TUXX, as the services arm, encounters this problem from the client side. The gap between a persuasive demo and a system a business can actually depend on is one that custom AI work runs into constantly. The work there is less about building novel capabilities and more about building reliable ones: scoping tightly, designing failure modes, creating the audit surfaces that let people trust what the system is doing. Pattern Up, operating within that context, is a direct expression of that philosophy: systems that make capability tangible and trustworthy rather than impressive and opaque.

For CheekyGains and Naira, the embedded-versus-adjacent distinction maps onto a different set of stakes. A performance coach that only activates when the user explicitly asks it something is a feature. A coach that participates in the training cycle, noticing patterns, surfacing relevant context, prompting reflection at the right moment, is a product. The difference is architectural, and it requires thinking about what the system should know at every point in the user's journey, not just when they open a dialogue box.

The operational questions worth asking

At this point in 2023, the most useful framework for any organisation thinking seriously about AI is not "which model should we use?" That question is premature and will need to be revisited regardless. The more durable questions are:

What does the system need to know to be genuinely useful? This is a context architecture question. Models are only as intelligent as the context they are given. Designing the context pipeline, what information flows in, at what points, with what structure, is as important as anything else.

What is the system authorised to do without asking? This is a trust boundary question. Clear scope is not a limitation on AI capability. It is the precondition for trusting it. A system with undefined scope is a system nobody will depend on.

What happens when it goes wrong? This is a failure mode question, and it should be asked early. Not because AI systems fail constantly, well-scoped ones do not, but because the answers shape the architecture. Recoverable failures require different designs than catastrophic ones. Knowing the failure modes in advance allows you to build in the right safeguards.

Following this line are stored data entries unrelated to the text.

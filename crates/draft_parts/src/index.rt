//! Papers of the kind index, from text to bytes.
ghost use Rattle.std.specs.Prelude.{ℕ};
ghost use Rattle.model.specs.Metadata.{Meta};
ghost use Rattle.wire.specs.Formats.{Reads};
ghost use Rattle.metadata.specs.Papers.{meta as meta_w, snapshot as snapshot_w};
ghost use Rattle.text_form.specs.Texts.{role_line, meta as meta_t, snapshot as snapshot_t};
ghost use Rattle.draft_parts.specs.Copies.{Copies};

use crate::stop::Stop;
use crate::table::{Part, put_table};
use encoding::leaf::write_number;
use line::expected::{Bad, Expected, Word};
use line_reader::reader::number_line;
use metadata::snapshot::Metas;

/// A role above the last one.
fn role_line(text: &[u8], last: Option<u16>) -> Result<(u16, &[u8]), Bad>
    ensures { Reads (λ n. n) result ((role_line last).read text.now) }
{
    let (role, rest) = number_line(text, Word::Role, 0, 65535)?;
    let role = role as u16;
    if last.is_some_and(|before| role <= before) {
        return Err(Bad {
            left: text.len(),
            expected: Expected::Rising(Word::Role),
        });
    }
    Ok((role, rest))
}

impl Part for Metas {
    type Last = u16;

    ghost Plain = { Meta };

    ghost Key = { ℕ };

    ghost form = { meta_t };

    ghost key = { λ m. m.role };

    ghost bytes = { meta_w.write };

    ghost stands_for = { λ role. role };

    fn put<'a>(
        text: &'a [u8],
        out: &mut Vec<u8>,
        last: Option<&u16>,
    ) -> Result<(u16, &'a [u8]), Stop> {
        let (role, rest) = role_line(text, last.copied())?;
        let (number, rest) = number_line(rest, Word::Number, 1, 4294967295)?;
        write_number(out, role)?;
        write_number(out, number as u32)?;
        Ok((role, rest))
    }
}

/// An index, behind its word.
pub fn put_index<'a>(text: &'a [u8], out: &mut Vec<u8>) -> Result<&'a [u8], Stop>
    ensures { Copies snapshot_t snapshot_w.write result text.now out.old.items out.new.items }
{
    let (number, rest) = number_line(text, Word::Number, 1, 4294967295)?;
    let (last_day, rest) = number_line(rest, Word::LastDay, 0, 4294967295)?;
    let (count, rest) = number_line(rest, Word::Roles, 0, 64)?;
    write_number(out, number as u32)?;
    write_number(out, last_day as u32)?;
    write_number(out, count as u16)?;
    let rest = put_table::<Metas>(rest, out, count)?;
    Ok(rest)
}
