//! Parts of papers, from text to bytes.
#![tactic(auto)]

pub mod index;
pub mod quorum;
pub mod stop;
pub mod table;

How does the system improve over time? Infrastructure should get better the more it is used. That requires feedback loops, which require deliberate design. What signals tell the system it did well? What signals tell it something went wrong? Who sees those signals, and what happens as a result?

These are not glamorous questions. They do not generate press releases. But they are the questions that separate AI as infrastructure from AI as an interesting experiment.

The longer bet

The organisations that will find themselves with durable advantage from AI are not the ones who moved fastest in late 2022. They are the ones who started asking operational questions in early 2023 while everyone else was still distracted by the demos.

The capability is remarkable. Nobody should understate that. But remarkable capability plus poor architecture produces chaos at scale. The same capability, embedded deliberately inside well-designed systems, produces something that compounds over time.

That is the bet worth making: not on the model, but on the architecture around it. The model will change. The architecture, if it is well designed, is what persists.